TASK ITEM ::
Your answer should be one number, the count of lines in the records that carry the string "match".
+--
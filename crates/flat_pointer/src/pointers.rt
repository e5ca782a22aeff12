ghost use Rattle.std.specs.Prelude.{◌≡◌, ◌<◌, List, None};
ghost use Rattle.flat_scene.specs.declared.frames.Hit.{Hit};
ghost use Rattle.flat_scene.specs.ViewTrees.{is_node};
ghost use Rattle.flat_pointer.specs.Streams.{first_hit, down_answer, after_down, move_answer, up_answer, kept_in};
ghost use Rattle.flat_pointer.specs.Streams.{cancelled_in};
ghost use Rattle.flat_pointer.specs.Steps.{no_streams, stream_of, with_stream};

use flat_base::SessionNo;
use flat_scene::{HitList, ViewNode, ViewTree, is_node};
use std::marker::Model;

/// How many pointers there are. They are numbered from 0.
pub const POINTERS: u8 = 16;

/// The answer to a line of a pointer.
#[derive(Clone, Copy, PartialEq, Eq)]
pub enum PointerAnswer {
    /// The pointer went down, and its stream goes to that session.
    Down(SessionNo),
    /// It moved, in the stream of that session.
    Moved(SessionNo),
    /// It went up, which ends the stream of that session.
    Up(SessionNo),
    /// It has no stream, and nobody is hit.
    Nobody,
    /// It is down already.
    Busy,
}

/// Sixteen pointers, and to which session each one's stream goes. Contracts see
/// them as a list of these sessions.
///
/// No call takes memory.
#[derive(Drop)]
pub struct Pointers {
    streams: [Option<SessionNo>; 16],
}

impl Model for Pointers {
    ghost use Rattle.flat_pointer.specs.Steps.{Streams};

    ghost Value = { Streams };

    ghost view = { λ pointers. pointers.streams };
}

/// The session that is hit first.
fn first_hit(hits: &HitList) -> Option<SessionNo>
    ensures { result ≡ first_hit hits.now }
{
    match hits.as_slice() {
        [hit, ..] => Some(hit.session),
        [] => None,
    }
}

fn down_answer(stream: Option<SessionNo>, hit: Option<SessionNo>) -> PointerAnswer
    ensures { (hits : List Hit) → hit ≡ first_hit hits → result ≡ down_answer stream hits }
{
    match (stream, hit) {
        (Some(_), _) => PointerAnswer::Busy,
        (None, Some(session)) => PointerAnswer::Down(session),
        (None, None) => PointerAnswer::Nobody,
    }
}

impl Pointers {
    /// No pointer has a stream.
    pub fn new() -> Pointers
        ensures { result ≡ no_streams }
    {
        Pointers {
            streams: [None; 16],
        }
    }

    /// A pointer goes down where this is hit. Busy where it has a stream; else its
    /// stream goes to the session that is hit first, or to nobody where none is.
    pub fn down(&mut self, p: u8, hits: &HitList) -> PointerAnswer
        requires { p < POINTERS }
        ensures answer { result ≡ down_answer (stream_of self.old p) hits.now }
        ensures after { self.new ≡ with_stream self.old p (after_down (stream_of self.old p)
            hits.now) }
    {
        let stream = self.streams[p as usize];
        let hit = first_hit(hits);
        self.streams[p as usize] = stream.or(hit);
        down_answer(stream, hit)
    }

    /// A pointer moves: its stream's session is told, or nobody where it has none.
    pub fn moved(&mut self, p: u8) -> PointerAnswer
        requires { p < POINTERS }
        ensures answer { result ≡ move_answer (stream_of self.old p) }
        ensures same { self.new ≡ self.old }
    {
        match self.streams[p as usize] {
            Some(session) => PointerAnswer::Moved(session),
            None => PointerAnswer::Nobody,
        }
    }

    /// A pointer goes up, which ends its stream.
    pub fn up(&mut self, p: u8) -> PointerAnswer
        requires { p < POINTERS }
        ensures answer { result ≡ up_answer (stream_of self.old p) }
        ensures after { self.new ≡ with_stream self.old p None }
    {
        let stream = self.streams[p as usize];
        self.streams[p as usize] = None;
        match stream {
            Some(session) => PointerAnswer::Up(session),
            None => PointerAnswer::Nobody,
        }
    }

    /// A frame was finished with this view tree: Some exactly where the pointer has
    /// a stream whose session is no node, which ends then.
    pub fn cancel(&mut self, p: u8, tree: &ViewTree) -> Option<SessionNo>
        requires { p < POINTERS }
        ensures answer { result ≡ cancelled_in tree.now.nodes (stream_of self.old p) }
        ensures after { self.new ≡ with_stream self.old p
            (kept_in tree.now.nodes (stream_of self.old p)) }
    {
        let stream = self.streams[p as usize];
        let cancelled = cancelled_in(tree.nodes.as_slice(), stream);
        self.streams[p as usize] = kept_in(tree.nodes.as_slice(), stream);
        cancelled
    }
}

fn cancelled_in(nodes: &[ViewNode], stream: Option<SessionNo>) -> Option<SessionNo>
    ensures { result ≡ cancelled_in nodes.now stream }
{
    stream.filter(|session| !is_node(nodes, *session))
}

fn kept_in(nodes: &[ViewNode], stream: Option<SessionNo>) -> Option<SessionNo>
    ensures { result ≡ kept_in nodes.now stream }
{
    stream.filter(|session| is_node(nodes, *session))
}
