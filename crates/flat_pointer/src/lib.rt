//! Pointer streams: to which session the lines of a pointer go.
//!
//! `Pointers` (pointers) keep the streams of specs/Streams, and `print_pointers` (text)
//! writes the text of specs/Text; specs/Laws says on what a stream hangs.
#![tactic(auto)]

mod laws;
mod pointers;
mod text;

pub use laws::pointer_laws;
pub use pointers::{POINTERS, PointerAnswer, Pointers};
pub use text::{PointerCall, PointerLine, PointerLines, PointerTouch, print_pointers};
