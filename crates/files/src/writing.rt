// A file written under another name and then renamed.
ghost use Rattle.std.specs.Prelude.{◌≡◌, ◌+◌, ◌≤◌, length, take, None, Err};
ghost use Rattle.files.specs.Answers.{by_name, longest};
ghost use Rattle.files.specs.Part.{part_name};

use crate::kind::{Kind, PATH_MAX, path};
use crate::{NotWritten, kind, telling};
use std::fs::{OpenFile, OpenOptions};
use std::io::{ErrorKind, Write};
use std::rt::Files;
use std::{fs, io};
use text::output::put;
use text::part::front;

// Writes a text to a file that is regular or not there; another is left as it is.
pub(crate) fn replace(
    rt: &(impl Files + Eprint + Alloc),
    name: &[u8],
    text: &[u8],
) -> Result<(), NotWritten>
    requires { length name.now ≤ longest }
    ensures { by_name result ≡ None }
{
    match kind::of_name(rt, name) {
        Ok(Kind::Missing | Kind::Regular) => write_part(rt, name, text),
        Ok(Kind::Other) => Err(NotWritten::NotRegular),
        Err(error) => Err(failed(rt, name, error)),
    }
}

// Writes a text to a new file, the name with `.part` after it, and then gives it the name.
fn write_part(
    rt: &(impl Files + Eprint + Alloc),
    name: &[u8],
    text: &[u8],
) -> Result<(), NotWritten>
    requires { length name.now ≤ longest }
    ensures { by_name result ≡ None }
{
    let mut space = [0u8; PATH_MAX];
    let length = put_part_name(name, &mut space);
    write_by_way_of(rt, front(&space, length), name, text)
}

// Writes a text to a new file and then gives it its name; where that fails the new file is removed.
fn write_by_way_of(
    rt: &(impl Files + Eprint + Alloc),
    part: &[u8],
    name: &[u8],
    text: &[u8],
) -> Result<(), NotWritten>
    requires { part.now ≡ part_name name.now }
    ensures { by_name result ≡ None }
{
    let file = match create(rt, part) {
        Ok(file) => file,
        Err(error) => return Err(not_made(rt, part, error)),
    };
    match write_and_rename(rt, file, part, name, text) {
        Ok(()) => Ok(()),
        Err(error) => {
            let reason = failed(rt, name, error);
            let _ = remove(rt, part);
            Err(reason)
        }
    }
}

// Writes a text to an open file, which has the name of the part, and then gives it its name.
fn write_and_rename<R: Files>(
    rt: &R,
    file: R::File,
    part: &[u8],
    name: &[u8],
    text: &[u8],
) -> io::Result<()> {
    write_open(file, text)?;
    fs::rename(rt, path(part)?, path(name)?)
}

// Makes a new file of a name and opens it for writing; a file of that name that is there already is a failure.
fn create<R: Files>(rt: &R, name: &[u8]) -> io::Result<R::File> {
    OpenOptions::new()
        .write(true)
        .create_new(true)
        .open(rt, path(name)?)
}

// Removes the file of a name.
fn remove(rt: &impl Files, name: &[u8]) -> io::Result<()> {
    fs::remove_file(rt, path(name)?)
}

// Why a new file could not be made: a file of that name is there already, or the system has another reason, which is told.
fn not_made(rt: &(impl Eprint + Alloc), part: &[u8], error: io::Error) -> NotWritten
    ensures { by_name (Err result) ≡ None }
{
    if error.kind() == ErrorKind::AlreadyExists {
        return NotWritten::PartThere;
    }
    failed(rt, part, error)
}

// Tells the reason of a failure.
fn failed(rt: &(impl Eprint + Alloc), name: &[u8], error: io::Error) -> NotWritten
    ensures { by_name (Err result) ≡ None }
{
    telling::tell(rt, name, error);
    NotWritten::Failed
}

// Writes a text to an open file and closes it. All of it was taken where that succeeds: what a system would tell at the close it tells
// when the file is synchronised.
fn write_open<F: Write + OpenFile + Drop>(mut file: F, text: &[u8]) -> io::Result<()> {
    file.write_all(text)?;
    file.sync_all()
}

// Puts a name and `.part` after it at the start of the space, and says the length of that.
fn put_part_name(name: &[u8], space: &mut [u8]) -> usize
    requires { length name.now + 5 ≤ length space.old }
    ensures { take result space.new ≡ part_name name.now }
{
    let length = name.len();
    put(name, space);
    put(b".part", &mut space[length..]);
    length + 5
}
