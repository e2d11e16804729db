// A file read.
ghost use Rattle.std.specs.Prelude.{◌≤◌, length, IfOk};

use crate::kind::path;
use std::io::Read;
use std::rt::Files;
use std::{fs, io};
use text::part::same;

// Reads a file, or standard input for `-`, to its end, or until the space is full, and says how many bytes it read.
pub(crate) fn read(
    rt: &(impl Files + io::Input),
    name: &[u8],
    space: &mut [u8],
) -> io::Result<usize>
    ensures { IfOk result (λ n. n ≤ length space.old) }
{
    if same(name, b"-") {
        return read_open(&mut rt.reader(), space);
    }
    let mut file = fs::open(rt, path(name)?)?;
    read_open(&mut file, space)
}

// The same of an open file.
fn read_open(file: &mut impl Read, space: &mut [u8]) -> io::Result<usize>
    ensures { IfOk result (λ n. n ≤ length space.old) }
{
    let room = space.len();
    let mut left = space;
    while !left.is_empty() {
        let more = file.read(left)?;
        if more == 0 {
            break;
        }
        left = &mut left[more..];
    }
    Ok(room - left.len())
}
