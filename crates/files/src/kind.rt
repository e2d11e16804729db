// What kind of file a name stands for.
ghost use Rattle.std.specs.Prelude.{◌≡◌, ◌≢◌, ◌↔◌, true, Ok, IfOk, OnErr};
ghost use Rattle.std.specs.Fs.{file_type, IsFile};
ghost use Rattle.files.specs.Path.{is_path};

use std::fs::Metadata;
use std::io::ErrorKind;
use std::rt::Files;
use std::{fs, io, str};

// One more than the bytes of the longest path.
pub(crate) const PATH_MAX: usize = 4096;

// The system's numbers for three faults of a name: it has a byte 0, it is too long, it is no UTF-8 text.
const EINVAL: i32 = 22;

const ENAMETOOLONG: i32 = 36;

const EILSEQ: i32 = 84;

// The kinds that matter to a writer. A link is of another kind, whatever it leads to.
#[derive(Clone, Copy)]
pub(crate) enum Kind {
    Missing,
    Regular,
    Other,
}

// The kind of the file that a name stands for, or the system's reason for which it cannot be looked at. Where no file can have the
// name it is missing.
pub(crate) fn of_name(rt: &impl Files, name: &[u8]) -> io::Result<Kind> {
    match path(name) {
        Ok(path) => kind_of(fs::symlink_metadata(rt, path), name),
        Err(_) => Ok(Kind::Missing),
    }
}

// Whether a file can have the name: it is shorter than the longest path, and no byte of it is 0.
fn is_path(name: &[u8]) -> bool
    ensures { result ≡ is_path name.now }
{
    (name.len() < PATH_MAX) & !name.contains(&0)
}

// The kind that was found of the file of a name.
fn kind_of(found: io::Result<Metadata>, name: &[u8]) -> io::Result<Kind>
    ensures found { IfOk found (λ m. (result ≡ Ok Kind.Regular) ↔ IsFile (file_type m)) }
    ensures unseen { OnErr found (result ≢ Ok Kind.Regular) }
{
    match found {
        Ok(found) => Ok(mode(&found)),
        Err(error) => unseen(error, name),
    }
}

// The kind of a file of the name that could not be looked at. No file has an empty name, and none can be given it.
fn unseen(error: io::Error, name: &[u8]) -> io::Result<Kind>
    ensures { result ≢ Ok Kind.Regular }
{
    if error.kind() == ErrorKind::NotFound && !name.is_empty() {
        Ok(Kind::Missing)
    } else {
        Err(error)
    }
}

// A name as the system takes it, or the reason for which it takes none such. std opens only names that are UTF-8 text.
pub(crate) fn path(name: &[u8]) -> io::Result<&str>
    ensures { IfOk result (λ p. (p.now ≡ name.now) × (is_path name.now ≡ true)) }
{
    if !is_path(name) {
        return Err(no_path(name));
    }
    str::from_utf8(name).map_err(|_| io::Error::from_raw_os_error(EILSEQ))
}

// The system's reason for which a name that no file can have is no path.
fn no_path(name: &[u8]) -> io::Error {
    let number = if name.len() < PATH_MAX {
        EINVAL
    } else {
        ENAMETOOLONG
    };
    io::Error::from_raw_os_error(number)
}

// The kind that the mode of a file says.
fn mode(found: &Metadata) -> Kind
    ensures { (result ≡ Kind.Regular) ↔ IsFile (file_type found.now) }
{
    if found.is_file() {
        Kind::Regular
    } else {
        Kind::Other
    }
}
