// Files read whole, and written so that nothing half written is left. What a file holds no contract can say; that each call ends and
// never traps is proved, and what an answer owes to the name and the room alone.
#![tactic(auto)]

mod kind;
mod reading;
mod telling;
mod writing;

ghost use Rattle.std.specs.Prelude.{◌≡◌, true, length};
ghost use Rattle.files.specs.Answers.{is_within, by_name, fault_of};

use std::io;
use std::rt::Files;
use text::part::same;

// The longest name that an output may have.
const LONGEST: usize = 4000;

// Why a text was not written. Failed is a failure whose reason has been told; of the others none has touched a file.
#[derive(Clone, Copy, PartialEq, Eq)]
pub enum NotWritten {
    NotRegular,
    PartThere,
    NameTooLong,
    Standard,
    Failed,
}

// Reads a file, or standard input for `-`, into the space, as much as there is room for, and says how many bytes it read; none
// where it failed, and then the reason has gone to standard error.
pub fn read(
    rt: &(impl Files + io::Input + Eprint + Alloc),
    name: &[u8],
    space: &mut [u8],
) -> Option<usize>
    ensures { is_within (length space.old) result ≡ true }
{
    match reading::read(rt, name, space) {
        Ok(length) => Some(length),
        Err(error) => {
            telling::tell(rt, name, error);
            None
        }
    }
}

// Writes a text to a file, under its name and `.part` first, and then renames that; only a regular file is replaced. The reason of a
// failure goes to standard error.
pub fn write(rt: &(impl Files + Eprint + Alloc), name: &[u8], text: &[u8]) -> Result<(), NotWritten>
    ensures { by_name result ≡ fault_of name.now }
{
    if same(name, b"-") {
        return Err(NotWritten::Standard);
    }
    if LONGEST < name.len() {
        return Err(NotWritten::NameTooLong);
    }
    writing::replace(rt, name, text)
}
+--
SOLVED EXERCISE ::
10